Hanya sebuah kota kecil di Indonesia, negara 2 musim. Tetapi tahun ini panasnya bukan main. Warga-warga di sana mulai mempertanyakan julukan surga dunia. Atau sebenarnya sudah jadi neraka dunia? Keluhan itu terdengar juga dari warga Anagapura. Tetap saja, sepasang sahabat ini tidak dapat diam.


“Kau sungguh baik-baik saja melakukan pekerjaan lapangan ini? Suhu hari ini 37°, lho!” si perempuan yang sudah siap dengan kipas karton di tangannya memandang laki-laki di sampingnya.


“Aku masih baik-baik saja sejauh ini,” laki-laki itu membalas. Semburat warna merah mulai menghiasi wajahnya.


“Hei! Hei! Jangan memaksakan diri, Kei. Lihat itu, wajahmu sudah memerah. Aku akan bilang ka-“


“Jangan Cas, aku... bisa,” Kei menundukkan kepala setelah berbicara. Cassie dengan cepat mengipasi temannya itu.

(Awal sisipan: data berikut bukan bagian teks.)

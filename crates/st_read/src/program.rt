//! A list of tokens as the parts of one program.

ghost use Rattle.std.specs.Prelude.{◌≡◌};
ghost use Rattle.st_read.specs.Gives.{Gives};
ghost use Rattle.st_read.specs.PartsOf.{view_parts};
ghost use Rattle.st_read.specs.Reading as reading;

use crate::declarations::variables;
use crate::error::Stop;
use crate::names::identifier;
use crate::statements::statements;
use crate::tokens::{Read, Tokens, word};
use cif_base::{Items, Text};
use st_ast::{StVar, Stmt, TokenKind};
use std::alloc::Global;

/// What a program is made of. That it has a spelling is known where its text is.
#[derive(Drop)]
pub struct Parts {
    pub name: Text,
    pub vars: Items<StVar>,
    pub body: Items<Stmt>,
}

#[tactic(auto, unfolding(crate::specs::Reading::program_at))]
fn program(alloc: Global, tokens: Tokens<'_>) -> Read<'_, Parts>
    ensures { Gives (λ x. (view_parts x.0, x.1)) result (reading.program_at tokens.entry) }
{
    let (_program, rest) = word(tokens, TokenKind::Program)?;
    let (name, rest) = identifier(alloc, rest)?;
    let (vars, rest) = variables(alloc, rest)?;
    let (body, rest) = statements(alloc, rest)?;
    let (_end, rest) = word(rest, TokenKind::EndProgram)?;
    Ok((Parts { name, vars, body }, rest))
}

/// The parts of the program that the tokens derive, all of them.
#[tactic(auto, unfolding(crate::specs::Reading::program_of))]
pub fn derived(alloc: Global, tokens: Tokens<'_>) -> Result<Parts, Stop>
    ensures { Gives (λ p. view_parts p) result (reading.program_of tokens.entry) }
{
    let (program, rest) = program(alloc, tokens)?;
    if rest.is_empty() {
        Ok(program)
    } else {
        Err(Stop::NotTaken(rest.left()))
    }
}
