//! What `generate` is asked for.

ghost use Rattle.std.specs.Prelude.{◌≤◌};

use plc_frame::Bounds;

/// What `generate` is asked for. Both classes together have fewer rounds than a scan has loop turns.
#[derive(Drop)]
pub struct Generate<'a> {
    pub file: &'a str,
    pub bounds: Bounds,
    ghost few_unc: { bounds.unc ≤ 10000 },
    ghost few_con: { bounds.con ≤ 10000 },
}
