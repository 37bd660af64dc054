//! Tokens one by one.

ghost use Rattle.std.specs.Prelude.{◌≡◌, ◌≤◌};
ghost use Rattle.grammar.specs.Lang as lang;
ghost use Rattle.grammar.specs.Reader as reader;
ghost use Rattle.cif_parse_expr.specs.Gives.{Gives};
ghost use Rattle.cif_parse_expr.specs.TokenKinds as kinds;
ghost use Rattle.cif_parse_expr.specs.Reading as reading;

use crate::error::ReadError;
use cif_lex::{Mark, Token, TokenKind, Word};

/// What stands at the front of a list of tokens, and the tokens after it.
pub type Read<'a, T> = Result<(T, &'a [Token]), ReadError>;

/// The number of a sign.
fn mark_code(mark: Mark) -> u8
    ensures value { result ≡ kinds.mark_code mark }
    ensures small { result ≤ 24 }
{
    mark as u8
}

/// The number of a reserved word.
fn word_code(word: Word) -> u8
    ensures value { result ≡ kinds.word_code word }
    ensures small { result ≤ 45 }
{
    word as u8
}

/// The number of a kind of token, by which kinds are told apart.
pub fn code(kind: TokenKind) -> u8
    ensures { result ≡ kinds.code kind }
{
    match kind {
        TokenKind::Id => 0,
        TokenKind::Number => 1,
        TokenKind::Sign(mark) => 2 + mark_code(mark),
        TokenKind::Reserved(word) => 27 + word_code(word),
    }
}

/// Whether a kind is among these.
fn has(among: &[TokenKind], kind: TokenKind) -> bool
    ensures { result ≡ lang.has (kinds.codes_of among.now) (kinds.code kind) }
{
    for one in among {
        if code(*one) == code(kind) {
            return true;
        }
    }
    false
}

/// Whether the next token is of one of these kinds.
pub fn starts(tokens: &[Token], among: &[TokenKind]) -> bool
    ensures { result ≡ reader.starts kinds.sort (kinds.codes_of among.now) tokens.now }
{
    match tokens {
        [] => false,
        [token, ..] => has(among, token.kind),
    }
}

/// A token of one of these kinds.
#[tactic(auto, unfolding(grammar::specs::Reader::one_at))]
pub fn any_of<'a>(tokens: &'a [Token], among: &[TokenKind]) -> Read<'a, &'a Token>
    ensures { Gives (λ x. (x.0.now, x.1.now)) result (reading.any_at among.now tokens.now) }
{
    match tokens {
        [token, rest @ ..] if has(among, token.kind) => Ok((token, rest)),
        _ => Err(ReadError::NotRead(tokens.len())),
    }
}

/// A token of this kind.
pub fn kind(tokens: &[Token], kind: TokenKind) -> Read<'_, &Token>
    ensures { Gives (λ x. (x.0.now, x.1.now)) result (reading.kind_at kind tokens.now) }
{
    any_of(tokens, &[kind])
}

/// This reserved word.
pub fn word(tokens: &[Token], word: Word) -> Read<'_, &Token>
    ensures { Gives (λ x. (x.0.now, x.1.now)) result (reading.word_at word tokens.now) }
{
    kind(tokens, TokenKind::Reserved(word))
}

/// This sign.
pub fn sign(tokens: &[Token], mark: Mark) -> Read<'_, &Token>
    ensures { Gives (λ x. (x.0.now, x.1.now)) result (reading.sign_at mark tokens.now) }
{
    kind(tokens, TokenKind::Sign(mark))
}
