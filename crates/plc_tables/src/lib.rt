//! The output table of the scans of a program over rows.
#![tactic(auto)]

mod scanning;
mod stopped;
mod tables;

pub use stopped::Stopped;
pub use tables::table;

“Kau ini mau merusak otakmu dengan heat stroke apa bagaimana sih? Ish,” perenpuan itu meraih tangan Kei dan melingkarkannya ke lehernya. Walaupun si pria lebih tinggi dan besar, ia masih bisa membawanya masuk ke minimarket yang ber ac.


“Duduk di sini, aku akan cepat,” dengan patuh, pria itu duduk di kursi sementara sahabatnya mencari minuman dingin. Ia mengipasi diri dengan tangan. Hari ini panasnya bukan main, tetapi ia heran bagaimana Cassie bisa bertahan. Tiba-tiba sensasi dingin terasa di dahinya. Rupanya itu botol minuman dingin, “Minumlah ini perlahan. Kakakku masih butuh otak cerdasmu itu.” Kei menerima minuman dengan senang dan segera meminumnya.


“Terima kasih, Cas. “


“Sama-sama. Aku akan bilang padanya sekarang.” Cassie sibuk sebentar dengan ponselnya, menit kemudian ia kembali menatap Kei yang sudah membaik.


“Kau ingat ‘kan setahun lalu menceramahiku tentang Overclock? Kau hampir saja kena overheat dan menuju BsoD,” kata perempuan itu.


“Ei, tapi overclock bagus untuk meningkatkan performa main game,” elak Kei.


“Kau tidak bilang itu dulu.”


“Memang tidak.”


“Kau membela diri, ya?”


“Aku tidak bisa melepaskan kamu sendirian. Aku tidak mau kamu kembali masuk rumah sakit.”


“Aku juga.”


“Apa?”


“Ei, sudahlah,” dengan cepat Kei menenggak isi botol itu sampai habis. Ia malu.


“Bilang saja kau menyayangiku. Memang kenapa? Kau pikir aku tidak tahu?” Cassie membalas tingkah aneh Kei.


“Lidah tajamku berpindah ke dirimu rupanya,” Kei tertawa kecil dan menunduk. Ia bisa merasakan pipinya memanas.


“Mengapa? Kau kepanasan lagi?” perempuan itu kembali bertanya dengan nada khawatir.


“Tidak,” laki-laki itu menjawab dengan cepat.


“Kalau tidak... Hei! Ayolah kita ‘kan sudah...,” semburat merah kini juga ada di wajah Cassie sehingga ia memutuskan untuk mengakhiri percakapan aneh yang satu ini.


“Aku sepertinya juga butuh beli minum.” Perempuan itu pun segera berlari kecil ke arah tempat penyimpanan minuman dingin dan tersenyum malu. Padahal mereka sudah bersama sekitar sepuluh tahun lebih, mengapa sekarang tiba-tiba terasa aneh karena statusnya sudah lebih dari sahabat?


Apakah mungkin ini karena benar-benar yang pertama untuk mereka berdua?


Jelas, untuk Cassie, Kei satu-satunya pria lain yang bisa mengisi kekosongan jabatan kekasih di hatinya. Bagaimana dengan Kei? Apakah dia pernah mencoba mengisi kekosongan itu bersama seseorang di Jakarta? Cassie tidak pernah sekalipun mempertanyakan hal itu sampai hari ini.


"Ehm, kita tidak boleh terus-terusan seperti sepasang remaja yang baru bertemu begini hanya karena naik level. Nah, aku sudah merasa dingin. Bagaimana denganmu, Cas?" Kei rupanya langsung membenahi situasi mereka.


"Aku ... baik. Sungguh. Ayo lanjutkan kegiatan kita."